━━━ EXERCISE MATERIAL

//! What a token stands for, made from its kind and its characters.

ghost use Rattle.std.specs.Prelude.{◌≡◌, ◌<◌, ◌≤◌, ◌+◌, ◌^◌, length, Some};
ghost use Rattle.ix_lex.specs.declared.token.Tok.TheVariants.{Quote};
ghost use Rattle.ix_lex.specs.Spans.{chars_of, lexeme_of as stands_for, mark};
ghost use Rattle.ix_lex.specs.Strings.{IsString};
ghost use Rattle.ix_reader.specs.Parentheses.{turn};
ghost use Rattle.ix_reader.specs.Views.{Gives, lexeme_of};

use crate::machine::Lexeme;
use crate::read_fault::ReadFault;
use ix_lex::{Tok, Token, unquote};
use ix_model::Text;
use std::alloc::Global;

/// The mark of one character. `*` and `+` are marks of one character only where they stand alone.
fn mark(c: char) -> Lexeme
    ensures { lexeme_of result ≡ mark c }
{
    match c {
        '^' => Lexeme::Caret,
        '-' => Lexeme::Dash,
        ':' => Lexeme::Colon,
        '=' => Lexeme::Equals,
        ';' => Lexeme::Semi,
        '|' => Lexeme::Bar,
        ',' => Lexeme::Comma,
        '.' => Lexeme::Stop,
        '?' => Lexeme::Question,
        '*' => Lexeme::Star,
        '+' => Lexeme::Plus,
        '(' => Lexeme::OpenGroup,
        ')' => Lexeme::CloseGroup,
        '[' => Lexeme::OpenSet,
        ']' => Lexeme::CloseSet,
        '~' => Lexeme::Tilde,
        _ => Lexeme::At,
    }
}

/// What the token stands for.
pub fn lexeme(alloc: Global, chars: &[char], token: Token) -> Result<Lexeme, ReadFault>
    requires order { token.low < token.high }
    requires within { token.high ≤ length chars.now }
    requires string { token.kind ≡ Quote → IsString (chars_of chars.now token) }
    ensures { Gives lexeme_of result (Some (stands_for chars.now token)) }
{
    let text = &chars[token.low as usize..token.high as usize];
    match token.kind {
        Tok::Word => Ok(Lexeme::Word(Text::from_slice(alloc, text)?)),
        Tok::Quote => Ok(Lexeme::Quote(unquote(alloc, text)?)),
        Tok::Hex => Ok(Lexeme::Hex(Text::from_slice(alloc, &text[1..])?)),
        Tok::Stars => Ok(Lexeme::Stars),
        Tok::Pluses => Ok(Lexeme::Pluses),
        Tok::Punct => Ok(mark(text[0])),
    }
}

/// How many parentheses are open behind a mark, where so many are open before it.
fn behind_mark(mark: Lexeme, before: u32) -> u32
    requires few { before + 1 < 2 ^ 32 }
    ensures { result ≡ turn before (lexeme_of mark) }
{
    match mark {
        Lexeme::OpenGroup => before + 1,
        Lexeme::CloseGroup => before.saturating_sub(1),
        _ => before,
    }
}

/// How many parentheses are open behind the token, where so many are open before it.
pub fn turn(chars: &[char], token: Token, before: u32) -> u32
    requires order { token.low < token.high }
    requires within { token.high ≤ length chars.now }
    requires few { before + 1 < 2 ^ 32 }
    ensures { result ≡ turn before (stands_for chars.now token) }
{
    let text = &chars[token.low as usize..token.high as usize];
    match token.kind {
        Tok::Punct => behind_mark(mark(text[0]), before),
        _ => before,
    }
}
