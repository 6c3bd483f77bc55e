//! Why characters could not be read as a grammar.

ghost use Rattle.std.specs.Prelude.{◌≡◌};
ghost use Rattle.ix_reader.specs.declared.read_fault.ReadFault.TheVariants.{Memory};

use std::alloc::{AllocError, AllocFailed};
use thiserror::Error;

/// Why there is no grammar.
#[derive(Clone, Copy, Debug, PartialEq, Eq, Error)]
pub enum ReadFault {
    /// The characters spell no grammar.
    #[error("not a grammar")]
    NotIxml,
    /// They spell a grammar in which more than 100 parentheses are open at once.
    #[error("more than 100 parentheses are open at once")]
    TooDeep,
    /// Memory ran out.
    #[error("out of memory")]
    Memory,
}

impl From<AllocError> for ReadFault {
    ghost from_gives = { λ _ e. e ≡ Memory };

    fn from(_e: AllocError) -> ReadFault {
        ReadFault::Memory
    }
}

impl<T: Drop> From<AllocFailed<T>> for ReadFault {
    ghost from_gives = { λ _ e. e ≡ Memory };

    fn from(_e: AllocFailed<T>) -> ReadFault {
        ReadFault::Memory
    }
}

━━━━━━

-- EXERCISE --
Would you please reproduce the records above exactly, only from their first line through the line holding "use crate::machine::Lexeme;", with both ends included?

-- THE ANSWER --
//! What a token stands for, made from its kind and its characters.

ghost use Rattle.std.specs.Prelude.{◌≡◌, ◌<◌, ◌≤◌, ◌+◌, ◌^◌, length, Some};
ghost use Rattle.ix_lex.specs.declared.token.Tok.TheVariants.{Quote};
ghost use Rattle.ix_lex.specs.Spans.{chars_of, lexeme_of as stands_for, mark};
ghost use Rattle.ix_lex.specs.Strings.{IsString};
ghost use Rattle.ix_reader.specs.Parentheses.{turn};
ghost use Rattle.ix_reader.specs.Views.{Gives, lexeme_of};

use crate::machine::Lexeme;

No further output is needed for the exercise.